What is needed here is an exact repetition of the records below, beginning at the line that has "filename crates/circus_verdict/src/same.rt" and stopping after the line that has "impl Same for u64".
--*--
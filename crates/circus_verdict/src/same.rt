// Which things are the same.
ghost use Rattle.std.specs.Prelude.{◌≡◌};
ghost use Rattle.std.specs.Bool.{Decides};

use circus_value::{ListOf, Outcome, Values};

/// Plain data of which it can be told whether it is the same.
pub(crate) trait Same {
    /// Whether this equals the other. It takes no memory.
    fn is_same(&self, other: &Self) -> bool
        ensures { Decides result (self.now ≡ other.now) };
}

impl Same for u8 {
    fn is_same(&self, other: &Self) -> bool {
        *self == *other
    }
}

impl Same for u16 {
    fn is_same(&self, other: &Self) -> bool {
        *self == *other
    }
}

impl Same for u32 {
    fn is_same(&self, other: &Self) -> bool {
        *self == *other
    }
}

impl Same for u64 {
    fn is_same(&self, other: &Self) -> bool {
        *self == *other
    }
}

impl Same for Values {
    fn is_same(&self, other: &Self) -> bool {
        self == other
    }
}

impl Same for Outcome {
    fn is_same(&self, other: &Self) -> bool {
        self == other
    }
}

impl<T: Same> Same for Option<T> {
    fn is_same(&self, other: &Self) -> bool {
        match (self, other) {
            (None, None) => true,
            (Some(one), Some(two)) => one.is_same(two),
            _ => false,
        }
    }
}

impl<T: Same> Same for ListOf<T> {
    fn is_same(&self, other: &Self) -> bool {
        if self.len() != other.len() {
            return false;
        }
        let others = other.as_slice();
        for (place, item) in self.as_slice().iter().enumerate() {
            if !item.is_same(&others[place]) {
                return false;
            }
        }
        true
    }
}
--*--
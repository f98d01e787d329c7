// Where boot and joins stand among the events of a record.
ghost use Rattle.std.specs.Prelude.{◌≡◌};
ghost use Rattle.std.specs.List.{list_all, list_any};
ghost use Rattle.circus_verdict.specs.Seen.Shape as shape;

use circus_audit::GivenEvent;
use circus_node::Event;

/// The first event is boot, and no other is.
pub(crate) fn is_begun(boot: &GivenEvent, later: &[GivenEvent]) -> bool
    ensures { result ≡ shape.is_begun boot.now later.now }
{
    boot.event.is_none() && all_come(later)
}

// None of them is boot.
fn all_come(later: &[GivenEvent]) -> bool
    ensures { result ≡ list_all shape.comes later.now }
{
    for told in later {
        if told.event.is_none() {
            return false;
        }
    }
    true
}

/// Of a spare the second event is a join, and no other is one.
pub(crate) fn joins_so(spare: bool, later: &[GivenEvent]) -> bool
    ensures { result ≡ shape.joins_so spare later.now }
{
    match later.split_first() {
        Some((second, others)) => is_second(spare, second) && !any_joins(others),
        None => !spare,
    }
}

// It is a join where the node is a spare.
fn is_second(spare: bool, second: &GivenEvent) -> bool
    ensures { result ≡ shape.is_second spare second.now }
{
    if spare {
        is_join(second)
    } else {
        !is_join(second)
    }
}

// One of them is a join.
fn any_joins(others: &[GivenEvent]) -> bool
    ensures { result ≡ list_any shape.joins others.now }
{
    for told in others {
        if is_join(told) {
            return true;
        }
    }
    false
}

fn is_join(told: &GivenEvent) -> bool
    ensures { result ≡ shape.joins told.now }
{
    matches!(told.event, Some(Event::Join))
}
--*--
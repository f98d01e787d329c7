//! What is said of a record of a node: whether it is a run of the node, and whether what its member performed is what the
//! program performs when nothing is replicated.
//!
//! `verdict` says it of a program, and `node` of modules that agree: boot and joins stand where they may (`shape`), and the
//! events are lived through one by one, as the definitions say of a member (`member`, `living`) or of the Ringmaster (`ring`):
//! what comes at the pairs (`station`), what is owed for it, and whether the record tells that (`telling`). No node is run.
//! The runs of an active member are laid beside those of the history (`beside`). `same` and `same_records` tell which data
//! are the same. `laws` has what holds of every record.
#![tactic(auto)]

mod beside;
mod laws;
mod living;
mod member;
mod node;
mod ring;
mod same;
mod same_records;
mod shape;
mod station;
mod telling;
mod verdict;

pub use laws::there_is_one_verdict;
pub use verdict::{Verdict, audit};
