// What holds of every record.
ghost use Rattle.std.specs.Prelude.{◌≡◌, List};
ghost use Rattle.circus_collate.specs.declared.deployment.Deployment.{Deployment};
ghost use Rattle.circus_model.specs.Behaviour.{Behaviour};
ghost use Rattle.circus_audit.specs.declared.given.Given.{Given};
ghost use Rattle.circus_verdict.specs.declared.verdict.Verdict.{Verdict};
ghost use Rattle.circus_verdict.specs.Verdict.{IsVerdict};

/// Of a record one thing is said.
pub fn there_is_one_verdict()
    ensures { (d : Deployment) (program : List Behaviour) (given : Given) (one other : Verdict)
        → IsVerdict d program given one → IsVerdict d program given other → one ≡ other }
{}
--*--
__Solution__
filename crates/circus_verdict/src/same.rt
// Which things are the same.
ghost use Rattle.std.specs.Prelude.{◌≡◌};
ghost use Rattle.std.specs.Bool.{Decides};

use circus_value::{ListOf, Outcome, Values};

/// Plain data of which it can be told whether it is the same.
pub(crate) trait Same {
    /// Whether this equals the other. It takes no memory.
    fn is_same(&self, other: &Self) -> bool
        ensures { Decides result (self.now ≡ other.now) };
}

impl Same for u8 {
    fn is_same(&self, other: &Self) -> bool {
        *self == *other
    }
}

impl Same for u16 {
    fn is_same(&self, other: &Self) -> bool {
        *self == *other
    }
}

impl Same for u32 {
    fn is_same(&self, other: &Self) -> bool {
        *self == *other
    }
}

impl Same for u64 {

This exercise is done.